Trump’s 2017 directive to prevent transgender people from serving in the military used the term half a dozen times, including in its title.
It argues transgender service members undermine 'unit cohesion'
Trump’s executive order states that allowing transgender people to serve in the military erodes “unit cohesion,” an argument that has long been used to prevent marginalized communities, including Black and gay Americans and women, from serving.
Proponents of military segregation once argued that integration would threaten unit cohesion and effectiveness before former President Truman issued a 1948 executive order desegregating the armed forces.
Later, in a 1993 directive, former Defense Secretary Les Aspin used the same justification to bar gays and lesbians from military service. “The Department of Defense has long held that, as a general rule, homosexuality is incompatible with military service because it interferes with the factors critical to combat effectiveness, including unit morale, unit cohesion and individual privacy,” he wrote.
A 1994 policy preventing openly LGBTQ people from serving in the military was later repealed under former President Obama.
Threats to unit cohesion have also been used to justify keeping women out of some combat positions. A study published by the RAND Corporation in 2015 found that there was “strong, deep-seated, and intensely felt opposition” to a military directive that year that opened 4,100 special operations positions to women.
Many special operations forces (SOF) personnel, the study found, “were concerned that integrating women into SOF units would erode unit cohesion.”
It is already being challenged in court
Less than 24 hours after Trump signed the executive order, two LGBTQ civil rights groups, the National Center for Lesbian Rights and GLBTQ Legal Advocates & Defenders, filed a federal lawsuit challenging it on behalf of six active service members and two individuals seeking enlistment.
The plaintiffs serve across all military branches and include a major, a captain, a sergeant and a navy pilot.

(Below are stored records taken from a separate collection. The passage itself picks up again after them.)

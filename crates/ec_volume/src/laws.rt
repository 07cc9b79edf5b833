// Which lists of updates fit, and which list is the volume of some images.
ghost use Rattle.std.specs.Prelude.{◌≡◌, ◌↔◌, ℕ, T, false, List, [], ◌∷◌, ◌++◌, None, Some};
ghost use Rattle.ec_base.specs.Tables.{Table};
ghost use Rattle.ec_volume.specs.Update.{operands, member, fits, is_sound, first_unfit};
ghost use Rattle.ec_volume.specs.Volume.{Images, images, after, Fits};
ghost use Rattle.ec_volume.specs.Held.{IsVolume, changed};
ghost use Rattle.ec_volume.specs.declared.image.Image.{Image};
ghost use Rattle.ec_volume.specs.declared.update.Update.{Update};

/// An update fits a volume exactly if there is no first operand at which it doesn't fit; and such
/// an operand is one of its own, which it doesn't fit.
pub fn unfit_operand_decides()
    ensures none { (volume : Images) (update : Update) → (first_unfit update volume (operands update) ≡ None) ↔ Fits volume (update ∷ []) }
    ensures some { (volume : Images) (update : Update) (id : ℕ) → first_unfit update volume (operands update) ≡ Some id → T (member id (operands update)) × (fits update id (volume id) ≡ false) }
{}

/// A list of updates fits exactly if each one fits what those before it leave, whichever end the
/// list is cut at; and what two lists leave is what the second leaves of what the first leaves.
pub fn lists_fit_one_by_one()
    ensures empty { (volume : Images) → Fits volume [] }
    ensures first { (volume : Images) (update : Update) (updates : List Update) → Fits volume (update ∷ updates)
        ↔ ((first_unfit update volume (operands update) ≡ None) × Fits (after volume (update ∷ [])) updates) }
    ensures last { (volume : Images) (update : Update) (updates : List Update) → Fits volume (updates ++ update ∷ [])
        ↔ (Fits volume updates × (first_unfit update (after volume updates) (operands update) ≡ None)) }
    ensures joined { (volume : Images) (updates more : List Update) → Fits volume (updates ++ more) ↔ (Fits volume updates × Fits (after volume updates) more) }
    ensures after { (volume : Images) (updates more : List Update) (id : ℕ) → after volume (updates ++ more) id ≡ after (after volume updates) more id }
{}

/// A volume's list goes by its images: there is one list of them.
pub fn images_tell_the_volume()
    ensures { (es fs : Table Image) → IsVolume es → IsVolume fs → ((id : ℕ) → images es id ≡ images fs id) → es ≡ fs }
{}

/// The list behind a sound update has the images behind the update.
pub fn changed_volume_shows_the_update()
    ensures { (update : Update) (es : Table Image) → T (is_sound update) → (id : ℕ) → images (changed update es) id ≡ after (images es) (update ∷ []) id }
{}
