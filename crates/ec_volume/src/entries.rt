// The entries of a directory.
ghost use Rattle.std.specs.Prelude.{◌≡◌, ◌≤◌, T, false, [], length, Ok, OnOk, OnErr, MatchOption, slice_get, Some};
ghost use Rattle.std.specs.FinMap.{is_sorted};
ghost use Rattle.ec_volume.specs.Entries.{by_bytes, same_name, entry, with_entry, without_entry};

use ec_base::{Duplicate, Name, NoMemory, ObjId, SortedMap};
use std::alloc::Global;
use std::marker::Model;

/// The entries of a directory: names and ids, with the names rising in byte order.
#[derive(Drop)]
pub struct Entries {
    map: SortedMap<Name, ObjId>,
}

impl Model for Entries {
    ghost use Rattle.std.specs.Prelude.{ℕ, List, T};
    ghost use Rattle.std.specs.FinMap.{is_sorted};
    ghost use Rattle.ec_volume.specs.Entries.{by_bytes};

    ghost Value = { List (List ℕ × ℕ) };

    ghost view = { λ a. a.map };

    ghost invariant = { λ a. T (is_sorted by_bytes a.map) };
}

impl Entries {
    /// No entries.
    pub fn new(alloc: Global) -> Self
        ensures { result ≡ [] }
    {
        Entries {
            map: SortedMap::new(alloc),
        }
    }

    /// The entries of this list. It takes no memory.
    pub fn of(list: Vec<(Name, ObjId)>) -> Result<Self, NoMemory>
        requires { T (is_sorted by_bytes list.items) }
        ensures { result ≡ Ok list.items }
    {
        Ok(Entries {
            map: SortedMap::of(list),
        })
    }

    /// The id that the name stands for.
    pub fn get(&self, name: &Name) -> Option<ObjId>
        ensures { result ≡ entry self.now name.now }
    {
        self.map.get(name).copied()
    }

    /// How many entries there are.
    pub fn len(&self) -> usize
        ensures value { result ≡ length self.now }
        ensures sorted { T (is_sorted by_bytes self.now) }
    {
        self.map.len()
    }

    /// The entry at a place from 0, by rising names.
    pub fn at(&self, place: usize) -> Option<(&Name, ObjId)>
        ensures { MatchOption result (length self.now ≤ place) (λ pair. slice_get self.now place ≡ Some (pair.0.now, pair.1)) }
    {
        let (name, id) = self.map.at(place)?;
        Some((name, *id))
    }

    /// Adds an entry, or gives the name another id.
    pub(crate) fn add(&mut self, name: &Name, id: ObjId) -> Result<(), NoMemory>
        ensures ok { OnOk result (self.new ≡ with_entry self.old name.now id) }
        ensures err { OnErr result (self.new ≡ self.old) }
    {
        self.map.insert(name.duplicate()?, id)
    }

    /// Removes an entry. It takes no memory.
    pub(crate) fn remove(&mut self, name: &Name)
        ensures { self.new ≡ without_entry self.old name.now }
    {
        self.map.remove(name);
    }

    /// Removes one name and gives another one the id.
    pub(crate) fn rename(&mut self, from: &Name, to: &Name, id: ObjId) -> Result<(), NoMemory>
        requires { same_name from.now to.now ≡ false }
        ensures ok { OnOk result (self.new ≡ with_entry (without_entry self.old from.now) to.now id) }
        ensures err { OnErr result (self.new ≡ self.old) }
    {
        self.map.insert(to.duplicate()?, id)?;
        self.map.remove(from);
        Ok(())
    }
}

impl Duplicate for Entries {
    fn duplicate(&self) -> Result<Self, NoMemory> {
        Ok(Entries {
            map: self.map.duplicate()?,
        })
    }
}
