// Changes of objects.
ghost use Rattle.std.specs.Prelude.{◌≡◌, ◌==◌, ◌&&◌, true, false, not, [], ◌∷◌, ◌++◌, IfOk, OnOk};
ghost use Rattle.std.specs.List.{filter, list_any};
ghost use Rattle.ec_volume.specs.Entries.{same_name};
ghost use Rattle.ec_volume.specs.Update.{listed, member, ids_of, operands, first_of, distinct, is_way, is_within, is_sound};
ghost use Rattle.ec_volume.specs.Carry.{renames};

use crate::image::Kind;
use crate::limits::{MAX_ABOVE, MAX_FILE_BYTES, MAX_MODE, MAX_ORDERED, MAX_WRITE_BYTES};
use ec_base::{Duplicate, List, Name, NoMemory, ObjId, duplicate_bytes};
use std::alloc::Global;

/// A change of some objects. Its operands are the objects that it tests or changes.
#[derive(Drop)]
pub enum Update {
    /// A new object of the kind, as an entry of the directory.
    Make {
        dir: ObjId,
        name: Name,
        obj: ObjId,
        kind: Kind,
    },
    /// The object goes, with its entry.
    Drop {
        dir: ObjId,
        name: Name,
        obj: ObjId,
        kind: Kind,
    },
    /// The object has another name in its directory, in the place of the victim, if any.
    Move {
        dir: ObjId,
        from: Name,
        to: Name,
        obj: ObjId,
        kind: Kind,
        victim: Option<ObjId>,
    },
    /// Bytes at a place of a file; `inside` where they lay inside its length when issued.
    Put {
        obj: ObjId,
        at: u32,
        bytes: List<u8>,
        inside: bool,
    },
    /// A file's length.
    Len {
        obj: ObjId,
        len: u32,
    },
    /// An object's mode.
    Mode {
        obj: ObjId,
        mode: u16,
    },
    /// An object's stamp.
    Stamp {
        obj: ObjId,
        stamp: u64,
    },
    /// No change: it ties the objects' operations to each other.
    Order {
        objs: List<ObjId>,
    },
    /// The object moves from one directory into another, in the place of the victim, if any. For a
    /// directory `up` has the directories from the root to the one above `into`, each with the name
    /// that leads on.
    Shift {
        dir: ObjId,
        from: Name,
        into: ObjId,
        to: Name,
        obj: ObjId,
        kind: Kind,
        victim: Option<ObjId>,
        up: List<(ObjId, Name)>,
    },
    /// An object's owner.
    Owner {
        obj: ObjId,
        owner: u32,
    },
}

impl Update {
    /// Whether the operands are distinct and the fields within their bounds. It takes no memory.
    pub fn sound(&self) -> bool
        ensures { result ≡ is_sound self.now }
    {
        match self {
            Update::Make { dir, obj, .. } | Update::Drop { dir, obj, .. } => dir != obj,
            Update::Move {
                dir,
                from,
                to,
                obj,
                victim,
                ..
            } => {
                let apart = match *victim {
                    None => dir != obj,
                    Some(victim) => distinct(&[*dir, *obj, victim]),
                };
                apart && !same_name(from, to)
            }
            Update::Put { at, bytes, .. } => {
                let len = bytes.as_slice().len();
                1 <= len && len <= MAX_WRITE_BYTES && *at as usize + len <= MAX_FILE_BYTES
            }
            Update::Len { len, .. } => *len as usize <= MAX_FILE_BYTES,
            Update::Mode { mode, .. } => *mode <= MAX_MODE,
            Update::Stamp { .. } | Update::Owner { .. } => true,
            Update::Order { objs } => {
                let objs = objs.as_slice();
                distinct(objs) && 1 <= objs.len() && objs.len() <= MAX_ORDERED
            }
            Update::Shift {
                dir,
                into,
                obj,
                kind,
                victim,
                up,
                ..
            } => is_shift_sound(*dir, *into, *obj, *kind, *victim, up.as_slice()),
        }
    }
}

fn same_name(a: &Name, b: &Name) -> bool
    ensures { result ≡ same_name a.now b.now }
{
    a.cmp(b).is_eq()
}

fn member(id: ObjId, ids: &[ObjId]) -> bool
    ensures { result ≡ member id ids.now }
{
    ids.contains(&id)
}

fn distinct(ids: &[ObjId]) -> bool
    ensures { result ≡ distinct ids.now }
{
    match ids {
        [] => true,
        [id, rest @ ..] => !member(*id, rest) && distinct(rest),
    }
}

// Whether the id is that of one of the directories.
fn member_ids(id: ObjId, up: &[(ObjId, Name)]) -> bool
    ensures { result ≡ member id (ids_of up.now) }
{
    match up {
        [] => false,
        [(dir, _), rest @ ..] => id == *dir || member_ids(id, rest),
    }
}

fn distinct_ids(up: &[(ObjId, Name)]) -> bool
    ensures { result ≡ distinct (ids_of up.now) }
{
    match up {
        [] => true,
        [(id, _), rest @ ..] => !member_ids(*id, rest) && distinct_ids(rest),
    }
}

fn is_shift_sound(
    dir: ObjId,
    into: ObjId,
    obj: ObjId,
    kind: Kind,
    victim: Option<ObjId>,
    up: &[(ObjId, Name)],
) -> bool
    ensures { result ≡ (distinct (dir ∷ into ∷ obj ∷ listed victim ++ filter (λ o. not (o == dir)) (ids_of up.now)) && (distinct (ids_of up.now) && is_way kind into up.now)) }
{
    if !distinct_ids(up) {
        return false;
    }
    is_apart(dir, into, obj, victim, up) && is_way(kind, into, up)
}

// Whether the operands of a move are distinct, where the ids above `into` are.
fn is_apart(
    dir: ObjId,
    into: ObjId,
    obj: ObjId,
    victim: Option<ObjId>,
    up: &[(ObjId, Name)],
) -> bool
    requires { distinct (ids_of up.now) ≡ true }
    ensures { result ≡ distinct (dir ∷ into ∷ obj ∷ listed victim ++ filter (λ o. not (o == dir)) (ids_of up.now)) }
{
    match victim {
        None => distinct(&[dir, into, obj]) && !meets(&[into, obj], up),
        Some(victim) => { distinct(&[dir, into, obj, victim]) && !meets(&[into, obj, victim], up) }
    }
}

// Whether one of the ids is that of one of the directories.
fn meets(ids: &[ObjId], up: &[(ObjId, Name)]) -> bool
    ensures { result ≡ list_any (λ o. member o (ids_of up.now)) ids.now }
{
    match ids {
        [] => false,
        [id, rest @ ..] => member_ids(*id, up) || meets(rest, up),
    }
}

// The directories above one that takes a file, or above the root, are left out; else they begin
// with the root.
fn is_way(kind: Kind, into: ObjId, up: &[(ObjId, Name)]) -> bool
    ensures { result ≡ is_way kind into up.now }
{
    match kind {
        Kind::File => up.is_empty(),
        Kind::Dir if into == ObjId::root() => up.is_empty(),
        Kind::Dir => match up {
            [] => false,
            [(first, _), ..] => up.len() <= MAX_ABOVE && *first == ObjId::root(),
        },
    }
}

/// The objects that the update tests or changes, in order.
pub fn operands(alloc: Global, update: &Update) -> Result<Vec<ObjId>, NoMemory>
    ensures { IfOk result (λ ids. ids.items ≡ operands update.now) }
{
    match update {
        Update::Make { dir, obj, .. } | Update::Drop { dir, obj, .. } => {
            Ok(Vec::from_slice(alloc, &[*dir, *obj])?)
        }
        Update::Move {
            dir,
            obj,
            victim,
            ..
        } => {
            let mut ids = Vec::from_slice(alloc, &[*dir, *obj])?;
            push_victim(&mut ids, *victim)?;
            Ok(ids)
        }
        Update::Put { obj, .. }
        | Update::Len { obj, .. }
        | Update::Mode { obj, .. }
        | Update::Stamp { obj, .. }
        | Update::Owner { obj, .. } => Ok(Vec::from_slice(alloc, &[*obj])?),
        Update::Order { objs } => Ok(Vec::from_slice(alloc, objs.as_slice())?),
        Update::Shift {
            dir,
            into,
            obj,
            victim,
            up,
            ..
        } => {
            let mut ids = Vec::from_slice(alloc, &[*dir, *into, *obj])?;
            push_victim(&mut ids, *victim)?;
            push_others(&mut ids, *dir, up.as_slice())?;
            Ok(ids)
        }
    }
}

fn push_victim(ids: &mut Vec<ObjId>, victim: Option<ObjId>) -> Result<(), NoMemory>
    ensures { OnOk result (ids.new.items ≡ ids.old.items ++ listed victim) }
{
    if let Some(id) = victim {
        ids.push(id)?;
    }
    Ok(())
}

// The ids of the directories other than this one.
fn push_others(ids: &mut Vec<ObjId>, dir: ObjId, up: &[(ObjId, Name)]) -> Result<(), NoMemory>
    ensures { OnOk result (ids.new.items ≡ ids.old.items ++ filter (λ o. not (o == dir)) (ids_of up.now)) }
{
    for (id, _) in up {
        if *id != dir {
            ids.push(*id)?;
        }
    }
    Ok(())
}

impl Duplicate for Update {
    fn duplicate(&self) -> Result<Self, NoMemory> {
        Ok(match self {
            Update::Make {
                dir,
                name,
                obj,
                kind,
            } => Update::Make {
                dir: *dir,
                name: name.duplicate()?,
                obj: *obj,
                kind: *kind,
            },
            Update::Drop {
                dir,
                name,
                obj,
                kind,
            } => Update::Drop {
                dir: *dir,
                name: name.duplicate()?,
                obj: *obj,
                kind: *kind,
            },
            Update::Move {
                dir,
                from,
                to,
                obj,
                kind,
                victim,
            } => Update::Move {
                dir: *dir,
                from: from.duplicate()?,
                to: to.duplicate()?,
                obj: *obj,
                kind: *kind,
                victim: *victim,
            },
            Update::Shift {
                dir,
                from,
                into,
                to,
                obj,
                kind,
                victim,
                up,
            } => Update::Shift {
                dir: *dir,
                from: from.duplicate()?,
                into: *into,
                to: to.duplicate()?,
                obj: *obj,
                kind: *kind,
                victim: *victim,
                up: up.duplicate()?,
            },
            _ => return duplicate_itself(self),
        })
    }
}

// The copy of an update of an object's own parts.
fn duplicate_itself(update: &Update) -> Result<Update, NoMemory>
    requires { renames update.now ≡ false }
    ensures { IfOk result (λ copy. copy ≡ update.now) }
{
    Ok(match update {
        Update::Put {
            obj,
            at,
            bytes,
            inside,
        } => Update::Put {
            obj: *obj,
            at: *at,
            bytes: duplicate_bytes(bytes)?,
            inside: *inside,
        },
        Update::Len { obj, len } => Update::Len {
            obj: *obj,
            len: *len,
        },
        Update::Mode { obj, mode } => Update::Mode {
            obj: *obj,
            mode: *mode,
        },
        Update::Stamp { obj, stamp } => Update::Stamp {
            obj: *obj,
            stamp: *stamp,
        },
        Update::Order { objs } => Update::Order {
            objs: objs.duplicate()?,
        },
        Update::Owner { obj, owner } => Update::Owner {
            obj: *obj,
            owner: *owner,
        },
        _ => unreachable!(),
    })
}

Two other organizations — the Human Rights Campaign, the nation’s largest LGBTQ advocacy group, and Lambda Legal — also intend to sue the administration over the policy.
LGBTQ rights organizations filed several lawsuits against Trump’s original 2017 directive, which courts unanimously blocked before the Supreme Court allowed it to take effect in 2019 while lower courts heard additional arguments. Former President Biden reversed the policy in a 2021 executive order.